#### [WORK REQUEST]
Pull each line containing "Exceeds" out of the listing below.

+---+

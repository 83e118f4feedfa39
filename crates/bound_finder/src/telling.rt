//! What the calls of a method are told of all that they may run.
ghost use Rattle.std.specs.Prelude.{◌≡◌, ◌≤◌, ◌<◌, length, map, All, IfOk, IfSome};
ghost use Rattle.bound_rules.specs.Costs.{greater};
ghost use Rattle.compact_walks.specs.Limited.{cycles_limit};
ghost use Rattle.bound_finder.specs.Known.{IsLimited};
ghost use Rattle.bound_finder.specs.Telling.{AreToldBy, AreToldIn, IsSmallTold, IsToldBy, with_back};

use super::known::Known;
use super::task::Task;
use base::NoMemory;
use compact_walks::limited_sum;
use method_flow::{Call, FlowProgram};
use node_costs::load;
use std::alloc::Global;

/// Of the methods that a call may run: whether one of them can end, the greatest of their numbers as far as they are asked of them,
/// and the greatest with all loads and the load of the caller when control comes back to it.
#[derive(Clone, Copy)]
pub struct Told {
    pub goes_on: bool,
    pub inside: u128,
    pub full: u128,
}

/// A number with so many cycles more.
fn with_back(back: u64, number: Option<u128>) -> Option<u128>
    requires number { IfSome number (λ n. n ≤ cycles_limit) }
    requires back { back ≤ cycles_limit }
    ensures { result ≡ with_back back number }
{
    match number {
        Some(n) => Some(limited_sum(n, back as u128)),
        None => None,
    }
}

/// The greater of two numbers, of which one that is none is less than each other.
fn greater(a: Option<u128>, b: Option<u128>) -> Option<u128>
    ensures { result ≡ greater a b }
{
    match (a, b) {
        (Some(m), Some(n)) => Some(if m < n { n } else { m }),
        (Some(m), None) => Some(m),
        (None, b) => b,
    }
}

/// What a call is told of these methods.
fn told_of(targets: &[u32], table: &[Known], back: u64) -> Told
    requires known { All (λ t. t < length table.now) targets.now }
    requires limited { All IsLimited table.now }
    requires back { back ≤ cycles_limit }
    ensures told { IsToldBy table.now back targets.now result }
    ensures small { IsSmallTold result }
{
    let mut inside = None;
    let mut full = None;
    for x in targets {
        let known = table[*x as usize];
        inside = greater(inside, known.asked);
        full = greater(full, with_back(back, known.full));
    }
    Told {
        goes_on: full.is_some(),
        inside: inside.unwrap_or(0),
        full: full.unwrap_or(0),
    }
}

/// What each of the calls is told.
fn calls_told(
    alloc: Global,
    f: &FlowProgram,
    calls: &[Call],
    table: &[Known],
    back: u64,
) -> Result<Vec<Told>, NoMemory>
    requires lists { All (λ c. c.targets < length f.now.targets) calls.now }
    requires long { length table.now ≡ length f.now.methods }
    requires limited { All IsLimited table.now }
    requires back { back ≤ cycles_limit }
    ensures told { IfOk result (λ told. AreToldBy table.now back f.now calls.now told.items) }
    ensures small { IfOk result (λ told. All IsSmallTold told.items) }
{
    let mut told = Vec::new(alloc);
    for call in calls {
        told.push(told_of(f.targets(*call), table, back))?;
    }
    Ok(told)
}

/// What each of the calls of the method `m` is told.
pub fn tell(alloc: Global, task: &Task<'_>, m: u32, table: &[Known]) -> Result<Vec<Told>, NoMemory>
    requires method { m < length task.now.flow.methods }
    requires long { length table.now ≡ length task.now.flow.methods }
    requires limited { All IsLimited table.now }
    ensures told { IfOk result (λ v. AreToldIn task.now m table.now v.items) }
{
    // Its clause is for the proof alone.
    let _ = task.flow().method_count();
    let method = task.method(m);
    let back = load(method, task.timing().read);
    calls_told(alloc, task.flow(), method.calls(), table, back)
}

/// Whether each of the calls goes on.
pub fn goes_on(alloc: Global, told: &[Told]) -> Result<Vec<bool>, NoMemory>
    ensures { IfOk result (λ goes. goes.items ≡ map (λ s. s.goes_on) told.now) }
{
    let mut goes = Vec::new(alloc);
    for told in told {
        goes.push(told.goes_on)?;
    }
    Ok(goes)
}
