//! What is found of one method.
ghost use Rattle.std.specs.Prelude.{◌≡◌, ◌<◌, ◌≤◌, ◌^◌, ℕ, Some, length, slice_get, All, IfOk, IfErr};
ghost use Rattle.method_flow.specs.Flow.{Coded, IsCoded};
ghost use Rattle.compact_walks.specs.Limited.{cycles_limit, ArePicked, AreSmallAt};
ghost use Rattle.compact_walks.specs.Solving.{IsShownWalk};
ghost use Rattle.bound_finder.specs.declared.found.Walked.TheVariants.{Never, Shown, Large};
ghost use Rattle.bound_finder.specs.Known.{bounds_in, ForEach, CalleesAreKnown, IsLimited, IsBoundSetting};
ghost use Rattle.bound_finder.specs.Prepared.{IsInShape, IsNotPrepared};
ghost use Rattle.bound_finder.specs.Found.{IsFoundOf, IsSmallWalked, IsWalked, found_by, kind_of, known_by, problem_of};

use super::fit::{Fit, fit_of};
use super::found_laws::known_is;
use super::known::Known;
use super::prepared::{Prepared, prepare};
use super::show_laws::{found_in_text, found_shows};
use super::task::Task;
use base::NoMemory;
use bound_rules::BoundRefusal;
use certificates::{CertSection, SectionKind};
use compact_walks::{Answer, limited_sum, moved, picked, solve};
use path_solver::solved::Solved;
use section_check::section::Section;
use std::alloc::Global;

/// What is known of a method, and its section where none of its numbers is too large.
#[derive(Drop)]
pub struct Found {
    pub known: Known,
    pub section: Option<CertSection>,
}

/// What the walks of a method cost.
#[derive(Drop)]
pub enum Walked {
    /// None ends.
    Never,
    /// The greatest so much, by this section under the numbers of nodes.
    Shown(u64, Section),
    /// The greatest so much, where a walk past 64 bits counts as 2^64, and one of the numbers is too large.
    Large(u128),
}

/// A solution under the numbers of nodes.
fn shown(alloc: Global, p: &Prepared, solved: &Solved) -> Result<Walked, NoMemory>
    requires shape { IsInShape p.now }
    requires small { AreSmallAt p.now.shape.nodes p.now.costs.items }
    requires shown { IsShownWalk (problem_of p.now) solved.now }
    ensures { IfOk result (IsWalked p.now) }
{
    let section = moved(alloc, p.shape.nodes.as_slice(), solved.section())?;
    Ok(Walked::Shown(solved.value(), section))
}

/// What the walks cost, where each node costs less than 2^64.
fn walked_with(alloc: Global, p: &Prepared, costs: &[u64]) -> Result<Walked, NoMemory>
    requires shape { IsInShape p.now }
    requires picked { ArePicked p.now.shape.nodes p.now.costs.items costs.now }
    ensures { IfOk result (IsWalked p.now) }
{
    match solve(
        alloc,
        &p.shape.graph,
        &p.shape.nest,
        costs,
        &p.bounds,
        &p.charges.loads,
        &p.charges.flags,
    )? {
        Answer::Never => Ok(Walked::Never),
        Answer::Shown(solved) => shown(alloc, p, &solved),
        Answer::Exceeds(Some(value)) => Ok(Walked::Large(value as u128)),
        Answer::Exceeds(None) => Ok(Walked::Large(1 << 64)),
    }
}

/// What the walks of a method cost.
fn walk(alloc: Global, p: &Prepared) -> Result<Walked, NoMemory>
    requires { IsInShape p.now }
    ensures walked { IfOk result (IsWalked p.now) }
    ensures small { IfOk result IsSmallWalked }
{
    match picked(alloc, &p.costs, p.shape.nodes.as_slice())? {
        Some(costs) => walked_with(alloc, p, &costs),
        None => Ok(Walked::Large(1 << 64)),
    }
}

/// What is found of a method that can't end.
fn never(alloc: Global, m: u32, fit: Fit) -> Found
    ensures { result ≡ found_by m fit Never }
{
    Found {
        known: Known {
            fits: fit.fits,
            asked: None,
            full: None,
            too_large: false,
        },
        section: Some(CertSection {
            kind: kind_of(fit.fits),
            method: m,
            section: Section::new(Vec::new(alloc), Vec::new(alloc)),
        }),
    }
}

/// What is known of a method whose greatest walk costs so much, where numbers past 64 bits count as 2^64.
fn known_by(fit: Fit, value: u128, too_large: bool) -> Known
    requires value { value ≤ cycles_limit }
    requires more { fit.more ≤ cycles_limit }
    ensures { result ≡ known_by fit value too_large }
{
    let full = limited_sum(value, fit.more as u128);
    Known {
        fits: fit.fits,
        asked: Some(value),
        full: Some(full),
        too_large: too_large || full > u64::MAX as u128,
    }
}

/// What is found of a method whose greatest walk costs so much, by this section.
fn numbered(m: u32, fit: Fit, value: u64, section: Section) -> Found
    requires { fit.more ≤ cycles_limit }
    ensures { result ≡ found_by m fit (Shown value section) }
{
    let known = known_by(fit, value as u128, false);
    if known.too_large {
        return Found {
            known,
            section: None,
        };
    }
    Found {
        known,
        section: Some(CertSection {
            kind: kind_of(fit.fits),
            method: m,
            section,
        }),
    }
}

/// What is found of a method one of whose numbers is too large.
fn large(fit: Fit, value: u128) -> Found
    requires value { value ≤ cycles_limit }
    requires more { fit.more ≤ cycles_limit }
    ensures { (m : ℕ) → result ≡ found_by m fit (Large value) }
{
    Found {
        known: known_by(fit, value, true),
        section: None,
    }
}

/// The kind of the section of a method.
fn kind_of(fits: bool) -> SectionKind
    ensures { result ≡ kind_of fits }
{
    if fits {
        SectionKind::Inside
    } else {
        SectionKind::Loops
    }
}

/// What is found of the method `m`, by what its walks cost.
fn found_by(alloc: Global, m: u32, fit: Fit, walked: Walked) -> Found
    requires value { IsSmallWalked walked }
    requires more { fit.more ≤ cycles_limit }
    ensures { result ≡ found_by m fit walked }
{
    match walked {
        Walked::Never => never(alloc, m, fit),
        Walked::Shown(value, section) => numbered(m, fit, value, section),
        Walked::Large(value) => large(fit, value),
    }
}

/// Says of what form the waits are and the method `m` is.
fn form_of(task: &Task<'_>, m: u32)
    requires { m < length task.now.flow.methods }
    ensures setting { IsBoundSetting task.now }
    ensures coded { (k : Coded) × (slice_get task.now.flow.methods m ≡ Some k) × IsCoded k }
{
    // Its clause is for the proof alone.
    let _timing = task.timing();
    let _code = task.method(m).code();
}

/// Says that a method's nodes have numbers of 32 bits.
fn size_of(p: &Prepared)
    ensures { p.now.shape.size < 2 ^ 32 }
{
    // The contract alone speaks of it.
    let _size = p.shape.size;
}

/// What is found of the method `m`, where this is known of all that it may call.
pub fn examine(
    alloc: Global,
    task: &Task<'_>,
    m: u32,
    table: &[Known],
) -> Result<Found, BoundRefusal>
    requires method { m < length task.now.flow.methods }
    requires long { length table.now ≡ length task.now.flow.methods }
    requires limited { All IsLimited table.now }
    ensures found { IfOk result (IsFoundOf task.now table.now m) }
    ensures cause { IfErr result (λ e. ForEach task.now (λ P. CalleesAreKnown P task.now.timing table.now m → IsNotPrepared P (bounds_in task.now) m e)) }
{
    // The laws are for the proof.
    known_is();
    found_shows();
    found_in_text();
    form_of(task, m);
    let Ok(fit) = fit_of(alloc, task, m) else {
        return Err(BoundRefusal::NoMemory);
    };
    let p = prepare(alloc, task, m, fit.fits, table)?;
    size_of(&p);
    match walk(alloc, &p) {
        Ok(walked) => Ok(found_by(alloc, m, fit, walked)),
        Err(NoMemory) => Err(BoundRefusal::NoMemory),
    }
}
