//! What the walks of a method are asked on.
ghost use Rattle.std.specs.Prelude.{◌≡◌, ◌<◌, ◌↔◌, length, All, IfOk, IfErr, IsTrue};
ghost use Rattle.bound_rules.specs.Fitting.{RegionFits};
ghost use Rattle.bound_finder.specs.Known.{bounds_in, ForEach, CalleesAreKnown, IsLimited};
ghost use Rattle.bound_finder.specs.Prepared.{AreBounds, AreChargesOf, AreMethodCosts, AreToldWith, HasNoShapeWith, IsInShape, IsNotPrepared, IsPreparedFor};
ghost use Rattle.bound_finder.specs.Prepared.{IsShapeWith, IsUnbounded, call_count};

use super::charges::{Charges, charges_of, loop_bounds};
use super::costs::costs;
use super::known::Known;
use super::laws::{costs_are_limited, graphs_where_targets_end};
use super::shape::{Shape, shape_in, told_graph};
use super::task::Task;
use super::telling::{Told, tell};
use base::NoMemory;
use bound_rules::BoundRefusal;
use node_costs::own_costs;
use opcodes::laws::starts_follow_one_another;
use std::alloc::Global;

/// The live graph of a method with its loops, whether all that may run while the method does fits the cache together, the bounds of
/// the loops, which are charged, and what the nodes cost by their numbers, where costs past 64 bits count as 2^64.
#[derive(Drop)]
pub struct Prepared {
    pub shape: Shape,
    pub fits: bool,
    pub bounds: Vec<u32>,
    pub charges: Charges,
    pub costs: Vec<u128>,
}

/// The shape of the method `m`, where its calls are told this.
fn method_shape(
    alloc: Global,
    task: &Task<'_>,
    m: u32,
    told: &[Told],
) -> Result<Shape, BoundRefusal>
    requires method { m < length task.now.flow.methods }
    requires told { length told.now ≡ call_count task.now m }
    ensures shape { IfOk result (IsShapeWith task.now m told.now) }
    ensures cause { IfErr result (HasNoShapeWith task.now m told.now) }
{
    match told_graph(alloc, task.method(m), told) {
        Ok(graph) => shape_in(alloc, m, &graph),
        Err(NoMemory) => Err(BoundRefusal::NoMemory),
    }
}

/// The costs of the nodes of the method `m`, where its calls are told this.
fn method_costs(
    alloc: Global,
    task: &Task<'_>,
    m: u32,
    s: &Shape,
    fits: bool,
    flags: &[bool],
    told: &[Told],
) -> Result<Vec<u128>, NoMemory>
    requires method { m < length task.now.flow.methods }
    requires shape { IsShapeWith task.now m told.now s.now }
    requires flags { length flags.now ≡ length s.now.nest }
    requires told { AreToldWith task.now m told.now }
    ensures long { IfOk result (λ v. length v.items ≡ s.now.size) }
    ensures costs { IfOk result (λ v. AreMethodCosts task.now m s.now fits flags.now told.now v.items) }
{
    starts_follow_one_another();
    let method = task.method(m);
    let own = own_costs(alloc, method, task.timing())?;
    costs(alloc, s, fits, flags, &own, method.calls(), told)
}

/// What the walks are asked on, beside the shape.
fn prepare_with(
    alloc: Global,
    task: &Task<'_>,
    m: u32,
    shape: Shape,
    fits: bool,
    told: &[Told],
) -> Result<Prepared, BoundRefusal>
    requires method { m < length task.now.flow.methods }
    requires shape { IsShapeWith task.now m told.now shape }
    requires told { AreToldWith task.now m told.now }
    ensures shape { IfOk result IsInShape }
    ensures same { IfOk result (λ p. (p.shape ≡ shape) × (p.fits ≡ fits)) }
    ensures bounds { IfOk result (λ p. AreBounds (bounds_in task.now) m shape p.bounds.items) }
    ensures charges { IfOk result (λ p. ForEach task.now (λ P. AreChargesOf P task.now.timing m shape fits p.charges)) }
    ensures costs { IfOk result (λ p. AreMethodCosts task.now m shape fits p.charges.flags.items told.now p.costs.items) }
    ensures cause { IfErr result (IsUnbounded (bounds_in task.now) m shape) }
{
    let bounds = loop_bounds(alloc, task, m, &shape)?;
    let Ok(charges) = charges_of(alloc, task, m, &shape, fits) else {
        return Err(BoundRefusal::NoMemory);
    };
    match method_costs(alloc, task, m, &shape, fits, &charges.flags, told) {
        Ok(costs) => Ok(Prepared {
            shape,
            fits,
            bounds,
            charges,
            costs,
        }),
        Err(NoMemory) => Err(BoundRefusal::NoMemory),
    }
}

/// What the walks of the method `m` are asked on, where this is known of all that it may call.
pub fn prepare(
    alloc: Global,
    task: &Task<'_>,
    m: u32,
    fits: bool,
    table: &[Known],
) -> Result<Prepared, BoundRefusal>
    requires method { m < length task.now.flow.methods }
    requires long { length table.now ≡ length task.now.flow.methods }
    requires limited { All IsLimited table.now }
    requires fits { ForEach task.now (λ P. IsTrue fits ↔ RegionFits P task.now.timing m) }
    ensures shape { IfOk result IsInShape }
    ensures same { IfOk result (λ p. p.fits ≡ fits) }
    ensures bounds { IfOk result (λ p. AreBounds (bounds_in task.now) m p.shape p.bounds.items) }
    ensures prepared { IfOk result (λ p. ForEach task.now (λ P. CalleesAreKnown P task.now.timing table.now m
        → IsPreparedFor P task.now.timing (bounds_in task.now) table.now m p)) }
    ensures cause { IfErr result (λ e. ForEach task.now (λ P. CalleesAreKnown P task.now.timing table.now m → IsNotPrepared P (bounds_in task.now) m e)) }
{
    graphs_where_targets_end();
    costs_are_limited();
    // Its clause is for the proof alone.
    let _ = task.method(m).calls();
    let Ok(told) = tell(alloc, task, m, table) else {
        return Err(BoundRefusal::NoMemory);
    };
    let shape = method_shape(alloc, task, m, &told)?;
    prepare_with(alloc, task, m, shape, fits, &told)
}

+---+

#### [YOUR SOLUTION]
        Answer::Exceeds(Some(value)) => Ok(Walked::Large(value as u128)),
        Answer::Exceeds(None) => Ok(Walked::Large(1 << 64)),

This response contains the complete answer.